PermalinkPermalink 03/22/07 @ 08:22
Comment from: Nancy Spoolstra [Member] Email · http://attachment-disorder.adoptionblogs.com/
My daughter didn't overtly Mom Shop, just had a PhD on the pitiful eyes routine mentioned by Kelly. But I have seen MANY kids mom shop. Sounds like you are on the right track, Lauri, keep up the good work!
PermalinkPermalink 03/22/07 @ 09:05
Comment from: Lauri [Member] Email · http://adoptive-parenting.adoptionblogs.com/
Thanks for the stories , advice & feedback...keep em coming
PermalinkPermalink 03/22/07 @ 09:58
Comment from: Lori [Member] Email
OMGOSH the sunglasses are a great idea. I wish I had known that when Dawn was a toddler.

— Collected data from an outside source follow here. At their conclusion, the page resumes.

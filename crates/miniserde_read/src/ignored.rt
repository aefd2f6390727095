//! The type of values that are read and not kept.
ghost use Rattle.std.specs.Prelude.{◌≡◌, ◌<◌, List, ℕ, None, Some, Ok, Err, IfOk, length};
ghost use Rattle.miniserde_model.specs.Tree.{Tree};
ghost use Rattle.miniserde_model.specs.private.Reading.{due};
ghost use Rattle.miniserde_text.specs.Lexer.{event_of_token};
ghost use Rattle.miniserde_model.specs.declared.error.Error.{Error};
ghost use Rattle.miniserde_read.specs.Meanings.{ignored_meaning};
ghost use Rattle.miniserde_read.specs.Rest.{ValueAt};
ghost use Rattle.miniserde_read.specs.Due.{ReadsDue, RejectsDue};
ghost use Rattle.miniserde_text.specs.private.Moments.{first_or_after};
ghost use Rattle.miniserde_text.specs.private.EventRuns.{text_at, Reaches, NeverRuns};
ghost use Rattle.miniserde_text.specs.private.Stack.{innermost};

use crate::from_json::FromJson;
use crate::source::Source;
use miniserde_model::error::{Error, Result};
use miniserde_text::json::lex::{After, Event, Kind};
use miniserde_text::stack::Stack;

/// Any JSON value, of which nothing is kept. Reading it does not recurse. It allocates 32 bytes for up to 256 levels of
/// depth, at most two bits a level beyond that (three while they grow), and room for the decoded text if the value is
/// itself a string with a backslash.
#[derive(Drop)]
pub struct Ignored {}

impl FromJson for Ignored {
    ghost means = { ignored_meaning };

    fn missing() -> Option<Ignored> {
        None
    }

    fn read<'a>(token: Event<'a>, source: &mut Source<'a>) -> Result<Ignored> {
        skip(token, source)?;
        Ok(Ignored {})
    }
}

/// Skips the value that is due, with its first token. Allocates 32 bytes for up to 256 levels of depth, at most two
/// bits a level beyond that (three while they grow), and nothing for strings. Returns `Invalid` if the text has no
/// prefix that is a value, and `Memory` if an allocation fails.
pub fn skip_due<'a>(source: &mut Source<'a>) -> Result<()>
    requires { source.old.refused ≡ None }
    ensures going { IfOk result (λ _. source.new.refused ≡ None) }
    ensures ok { IfOk result (λ _. ReadsDue {S = Unit {0}} (λ _. Some tt) source.old.rest source.new.rest tt) }
    ensures invalid { result ≡ Err Error.Invalid → RejectsDue {S = Unit {0}} (λ _. Some tt) source.old.rest }
{
    let token = source.token_checked()?;
    skip(token, source)
}

// Skips the rest of a value, whose first token is `token`. Returns `Invalid` if the text, from that token on, has no
// prefix that is a value, and `Memory` if an allocation fails. The clauses hold for any text x of a string.
fn skip<'a>(token: Event<'a>, source: &mut Source<'a>) -> Result<()>
    requires going { source.old.refused ≡ None }
    ensures going { IfOk result (λ _. source.new.refused ≡ None) }
    ensures ok { IfOk result (λ _. (x : List ℕ)
        → (t : Tree) × ValueAt t (event_of_token token.entry x) source.old.rest source.new.rest) }
    ensures invalid { result ≡ Err Error.Invalid → (x : List ℕ) (t : Tree) (r : List ℕ)
        → ValueAt t (event_of_token token.entry x) source.old.rest r → ⊥ }
{
    let mut stack = Stack::new(source.alloc());
    let mut first = stack.enter(token)?;
    while let Some(kind) = stack.top() {
        first = take_child_or_end(source, &mut stack, kind, first)?;
    }
    Ok(())
}

// Takes the closing bracket of the innermost container, whose kind is `kind`, or everything up to
// the first token of its next child, with that token. Pops the kind of a container that is closed,
// and pushes that of one that is opened. `first` says that the opening bracket was just taken.
// Returns whether a container was opened, `Invalid` if neither is next, or `Memory` if an
// allocation fails.
fn take_child_or_end<'a>(
    source: &mut Source<'a>,
    stack: &mut Stack,
    kind: Kind,
    first: bool,
) -> Result<bool>
    requires inside { innermost stack.old ≡ Some kind }
    requires going { source.old.refused ≡ None }
    ensures going { IfOk result (λ _. source.new.refused ≡ None) }
    ensures less { IfOk result (λ _. length source.new.rest < length source.old.rest) }
    ensures reaches { IfOk result (λ opened.
        Reaches (text_at (first_or_after first) stack.old source.old.rest)
        (text_at (first_or_after opened) stack.new source.new.rest)) }
    ensures invalid { result ≡ Err Error.Invalid → NeverRuns (text_at (first_or_after first) stack.old source.old.rest) }
{
    match source.after(kind, first)? {
        After::Close => {
            stack.pop();
            Ok(false)
        }
        After::Next => match kind {
            Kind::Seq => begin(source, stack),
            Kind::Map => {
                source.name_checked()?;
                begin(source, stack)
            }
        },
    }
}

// Takes the first token of a value, and pushes the kind of the container that the token opens, if
// any. Returns whether there is one, `Invalid` if no token is next, or `Memory` if an allocation
// fails.
#[inline(always)]
fn begin<'a>(source: &mut Source<'a>, stack: &mut Stack) -> Result<bool>
    requires { source.old.refused ≡ None }
    ensures going { IfOk result (λ _. source.new.refused ≡ None) }
    ensures less { IfOk result (λ _. length source.new.rest < length source.old.rest) }
    ensures reaches { IfOk result (λ opened.
        Reaches (text_at due stack.old source.old.rest) (text_at (first_or_after opened) stack.new source.new.rest)) }
    ensures invalid { result ≡ Err Error.Invalid → NeverRuns (text_at due stack.old source.old.rest) }
{
    let token = source.token_checked()?;
    stack.enter(token)
}
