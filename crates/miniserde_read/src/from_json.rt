//! The trait `FromJson` of types that read themselves from a JSON text. Its modules have the implementations for
//! std's types.
//! An `Event` is a token that begins a value, a `Step` an event of a value.
ghost use Rattle.std.specs.Prelude.{◌≡◌, Bool, true, false, Option, None, Err, IfOk, IfErr, ⊤};
ghost use Rattle.miniserde_model.specs.Step as step;
ghost use Rattle.miniserde_text.specs.Lexer.{event_of_token};
ghost use Rattle.miniserde_model.specs.declared.error.Error.{Error};
ghost use Rattle.miniserde_read.specs.Meaning.{Meaning};
ghost use Rattle.miniserde_read.specs.Rest.{GivesAt, GivesNoneAt};
ghost use Rattle.miniserde_read.specs.Source.{SourceView};
ghost use Rattle.miniserde_read.specs.Events.{EventInRange};

mod arrays;
mod boxes;
mod leaves;
mod maps;
mod options;
mod pairs;
mod sequences;
mod tuples;

use crate::source::Source;
pub use leaves::StdLeaf;
pub use maps::Table;
use miniserde_model::error::{Error, Result};
use miniserde_text::json::lex::Event;

/// A type that reads itself from a JSON text (RFC 8259).
pub trait FromJson: Sized + Drop {
    // Which trees mean which values.
    ghost means: { Meaning Self };

    // The value of a missing field of this type, or `None` if an object without that field's member
    // is an error.
    ghost absent: { Option Self } = { None };

    // If true, `read` never returns `Memory`.
    ghost read_infallible: { Bool } = { false };

    // What holds if `read` returns `Memory`: a statement of the token's event and of the source before and after the
    // call. By default it says nothing.
    ghost lacking: { step.Step → SourceView → SourceView → Type 0 } = { λ _ _ _. ⊤ };

    /// Returns the value of a missing field of this type, or `None` if an object without that field's member is an
    /// error.
    fn missing() -> Option<Self>
        ensures { result ≡ absent };

    /// Reads one value, whose first token is `token`, and takes no more of the source. `token` is the one that was
    /// taken last (the clause `event` asks only that its number is in range), and the source has no error. Returns
    /// `Invalid` if no value that begins with this token, and goes on as the source does, means a value of the type.
    /// Returns `Memory` if an allocation fails.
    fn read<'a>(token: Event<'a>, source: &mut Source<'a>) -> Result<Self>
        requires going { source.old.refused ≡ None }
        requires event { EventInRange (event_of_token token source.old.scratch) }
        ensures going { IfOk result (λ _. source.new.refused ≡ None) }
        ensures ok { IfOk result (λ v. GivesAt means.from_tree (event_of_token token.entry source.old.scratch)
            source.old.rest source.new.rest (means.content v)) }
        ensures invalid { result ≡ Err Error.Invalid
            → GivesNoneAt means.from_tree (event_of_token token.entry source.old.scratch) source.old.rest }
        ensures infallible { read_infallible ≡ true → IfErr result (λ e. e ≡ Error.Invalid) }
        ensures memory { result ≡ Err Error.Memory
            → lacking (event_of_token token.entry source.old.scratch) source.old source.new };
}
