//! The error type of the calls that read and write, `Error`, and their result type.
ghost use Rattle.std.specs.Prelude.{◌≡◌, Some};
ghost use Rattle.miniserde_model.specs.Error.{message};
ghost use Rattle.miniserde_model.specs.declared.error.Error.TheVariants.{Memory};

use std::alloc::{AllocError, AllocFailed};
use std::{error, fmt};

/// Why a call failed.
#[derive(Clone, Copy, PartialEq, Eq, Debug)]
pub enum Error {
    /// The input is not what the call accepts. The error tells no position and no detail.
    Invalid,
    /// An allocation failed, or a length overflowed.
    Memory,
}

/// The result of a call that may fail.
pub type Result<T> = std::result::Result<T, Error>;

impl fmt::Display for Error {
    ghost output = { λ e. Some (message e) };

    // Formatting options, as in `{:>20}`, change nothing.
    ghost styled_output = { λ e _. Some (message e) };

    fn fmt<W: fmt::Write>(&self, f: &mut fmt::Formatter<W>) -> fmt::Result {
        match self {
            Error::Invalid => f.write_str("miniserde error"),
            Error::Memory => f.write_str("out of memory"),
        }
    }
}

impl error::Error for Error {}

impl From<AllocError> for Error {
    ghost from_gives = { λ _ e. e ≡ Memory };

    fn from(_: AllocError) -> Error {
        Error::Memory
    }
}

impl<T: Drop> From<AllocFailed<T>> for Error {
    ghost from_gives = { λ _ e. e ≡ Memory };

    fn from(_: AllocFailed<T>) -> Error {
        Error::Memory
    }
}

Dawn not only mommy shopped, she family shopped. To some extent she still does from time to time.

L
PermalinkPermalink 03/22/07 @ 17:46
Comment from: suebie [Member] Email
I see this is an old thread but I am new to the blog. I just had to add that our 10 year old "mommy shopped" by cheerfully hugging all my friends when she had just met them. She also would wander off with any one of them without permission.
Of course my friends thought it was just a sign of a happy healthy child.